> [BRIEF] Reproduce word for word the lines between those holding "verification has kept." and "let states = self.walk.into_remains();", inclusive, and nothing else from the data below.

(Saved data entries)
- Opening Delimiter -

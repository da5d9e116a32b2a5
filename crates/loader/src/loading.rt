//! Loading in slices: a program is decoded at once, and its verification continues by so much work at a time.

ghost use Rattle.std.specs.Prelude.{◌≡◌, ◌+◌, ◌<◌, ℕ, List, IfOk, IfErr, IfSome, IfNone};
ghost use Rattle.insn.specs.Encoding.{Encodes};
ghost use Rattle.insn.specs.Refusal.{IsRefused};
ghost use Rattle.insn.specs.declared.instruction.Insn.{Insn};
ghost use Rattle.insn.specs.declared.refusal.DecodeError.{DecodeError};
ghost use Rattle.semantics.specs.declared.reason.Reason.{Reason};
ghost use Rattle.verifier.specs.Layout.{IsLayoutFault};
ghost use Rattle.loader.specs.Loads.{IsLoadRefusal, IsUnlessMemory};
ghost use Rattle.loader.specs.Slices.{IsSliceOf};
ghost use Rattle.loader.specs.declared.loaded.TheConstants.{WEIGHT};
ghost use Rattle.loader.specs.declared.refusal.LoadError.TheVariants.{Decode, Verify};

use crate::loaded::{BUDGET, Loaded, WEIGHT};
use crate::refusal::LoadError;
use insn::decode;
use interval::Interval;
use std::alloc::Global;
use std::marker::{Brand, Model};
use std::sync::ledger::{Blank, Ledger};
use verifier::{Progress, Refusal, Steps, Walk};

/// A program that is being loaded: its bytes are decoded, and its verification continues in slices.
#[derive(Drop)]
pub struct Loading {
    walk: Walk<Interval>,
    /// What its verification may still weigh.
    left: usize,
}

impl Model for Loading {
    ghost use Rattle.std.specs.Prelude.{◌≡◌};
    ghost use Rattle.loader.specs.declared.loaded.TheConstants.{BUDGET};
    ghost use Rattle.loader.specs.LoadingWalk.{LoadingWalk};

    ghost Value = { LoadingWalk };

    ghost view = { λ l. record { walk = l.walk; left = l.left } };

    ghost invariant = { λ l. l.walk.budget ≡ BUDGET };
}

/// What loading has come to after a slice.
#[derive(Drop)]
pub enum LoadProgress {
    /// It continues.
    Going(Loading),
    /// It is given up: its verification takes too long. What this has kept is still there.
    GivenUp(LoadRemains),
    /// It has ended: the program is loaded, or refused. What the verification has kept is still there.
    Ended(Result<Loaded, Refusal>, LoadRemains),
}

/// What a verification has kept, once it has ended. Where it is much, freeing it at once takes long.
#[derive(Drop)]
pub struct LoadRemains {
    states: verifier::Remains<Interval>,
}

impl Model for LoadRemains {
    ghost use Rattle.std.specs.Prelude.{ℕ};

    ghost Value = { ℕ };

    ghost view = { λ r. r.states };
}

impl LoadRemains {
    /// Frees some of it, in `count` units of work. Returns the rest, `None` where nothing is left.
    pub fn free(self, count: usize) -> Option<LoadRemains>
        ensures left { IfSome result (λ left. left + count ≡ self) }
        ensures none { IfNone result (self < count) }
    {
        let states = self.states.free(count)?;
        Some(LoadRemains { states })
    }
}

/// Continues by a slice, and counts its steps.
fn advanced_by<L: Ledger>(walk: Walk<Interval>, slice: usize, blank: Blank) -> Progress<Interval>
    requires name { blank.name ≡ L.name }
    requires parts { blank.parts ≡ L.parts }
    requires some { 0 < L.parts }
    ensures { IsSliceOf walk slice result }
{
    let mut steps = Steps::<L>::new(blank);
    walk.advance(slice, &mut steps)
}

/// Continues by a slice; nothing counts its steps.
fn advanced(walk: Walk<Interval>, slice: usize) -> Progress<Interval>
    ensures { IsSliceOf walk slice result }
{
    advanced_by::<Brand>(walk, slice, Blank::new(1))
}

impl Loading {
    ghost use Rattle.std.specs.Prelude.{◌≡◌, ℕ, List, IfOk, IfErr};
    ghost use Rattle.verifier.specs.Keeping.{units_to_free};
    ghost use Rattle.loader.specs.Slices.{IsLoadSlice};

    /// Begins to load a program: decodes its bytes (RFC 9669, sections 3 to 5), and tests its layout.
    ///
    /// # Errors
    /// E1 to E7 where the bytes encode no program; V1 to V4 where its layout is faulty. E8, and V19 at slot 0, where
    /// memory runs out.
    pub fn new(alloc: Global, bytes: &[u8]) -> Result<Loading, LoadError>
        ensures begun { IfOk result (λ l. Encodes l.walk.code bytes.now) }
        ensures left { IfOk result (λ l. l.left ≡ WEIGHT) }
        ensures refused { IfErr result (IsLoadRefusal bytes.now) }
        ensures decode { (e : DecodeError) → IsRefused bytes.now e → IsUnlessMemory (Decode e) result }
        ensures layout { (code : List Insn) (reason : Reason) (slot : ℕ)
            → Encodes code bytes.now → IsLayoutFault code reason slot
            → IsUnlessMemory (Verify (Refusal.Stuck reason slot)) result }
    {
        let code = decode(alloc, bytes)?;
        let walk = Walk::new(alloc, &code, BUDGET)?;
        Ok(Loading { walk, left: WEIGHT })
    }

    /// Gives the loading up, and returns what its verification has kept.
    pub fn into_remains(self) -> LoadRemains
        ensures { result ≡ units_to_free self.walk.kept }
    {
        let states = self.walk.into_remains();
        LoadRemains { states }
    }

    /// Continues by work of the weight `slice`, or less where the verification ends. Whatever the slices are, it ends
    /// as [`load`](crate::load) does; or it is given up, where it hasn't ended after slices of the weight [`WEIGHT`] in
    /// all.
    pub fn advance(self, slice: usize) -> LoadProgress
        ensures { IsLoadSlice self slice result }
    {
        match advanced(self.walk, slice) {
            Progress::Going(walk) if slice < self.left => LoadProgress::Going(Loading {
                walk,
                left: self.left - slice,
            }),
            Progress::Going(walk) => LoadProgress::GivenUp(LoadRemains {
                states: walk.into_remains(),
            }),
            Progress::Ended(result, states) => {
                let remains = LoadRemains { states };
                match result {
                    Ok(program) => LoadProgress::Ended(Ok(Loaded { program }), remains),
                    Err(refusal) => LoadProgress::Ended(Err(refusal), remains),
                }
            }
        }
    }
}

- Closing Delimiter -
- Opening Delimiter -

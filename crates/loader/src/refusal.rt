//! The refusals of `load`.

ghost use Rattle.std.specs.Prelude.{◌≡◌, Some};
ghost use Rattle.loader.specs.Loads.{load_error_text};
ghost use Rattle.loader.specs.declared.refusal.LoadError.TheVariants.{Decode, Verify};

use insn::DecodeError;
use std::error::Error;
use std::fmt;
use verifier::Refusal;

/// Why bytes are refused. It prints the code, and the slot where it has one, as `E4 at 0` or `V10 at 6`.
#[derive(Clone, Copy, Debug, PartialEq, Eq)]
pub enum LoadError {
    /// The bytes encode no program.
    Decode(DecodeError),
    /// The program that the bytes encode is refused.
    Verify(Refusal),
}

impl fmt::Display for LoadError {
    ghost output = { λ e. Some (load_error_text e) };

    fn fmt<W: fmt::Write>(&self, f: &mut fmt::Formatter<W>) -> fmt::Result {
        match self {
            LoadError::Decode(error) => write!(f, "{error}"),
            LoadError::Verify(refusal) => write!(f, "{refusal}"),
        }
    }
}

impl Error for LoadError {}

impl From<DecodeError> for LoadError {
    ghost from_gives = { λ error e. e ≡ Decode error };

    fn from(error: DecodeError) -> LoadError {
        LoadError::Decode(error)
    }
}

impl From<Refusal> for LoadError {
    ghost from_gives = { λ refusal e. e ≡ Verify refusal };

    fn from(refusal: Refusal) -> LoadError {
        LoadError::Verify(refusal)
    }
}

- Closing Delimiter -

> [EXERCISE SOLUTION]
    /// Gives the loading up, and returns what its verification has kept.
    pub fn into_remains(self) -> LoadRemains
        ensures { result ≡ units_to_free self.walk.kept }
    {
        let states = self.walk.into_remains();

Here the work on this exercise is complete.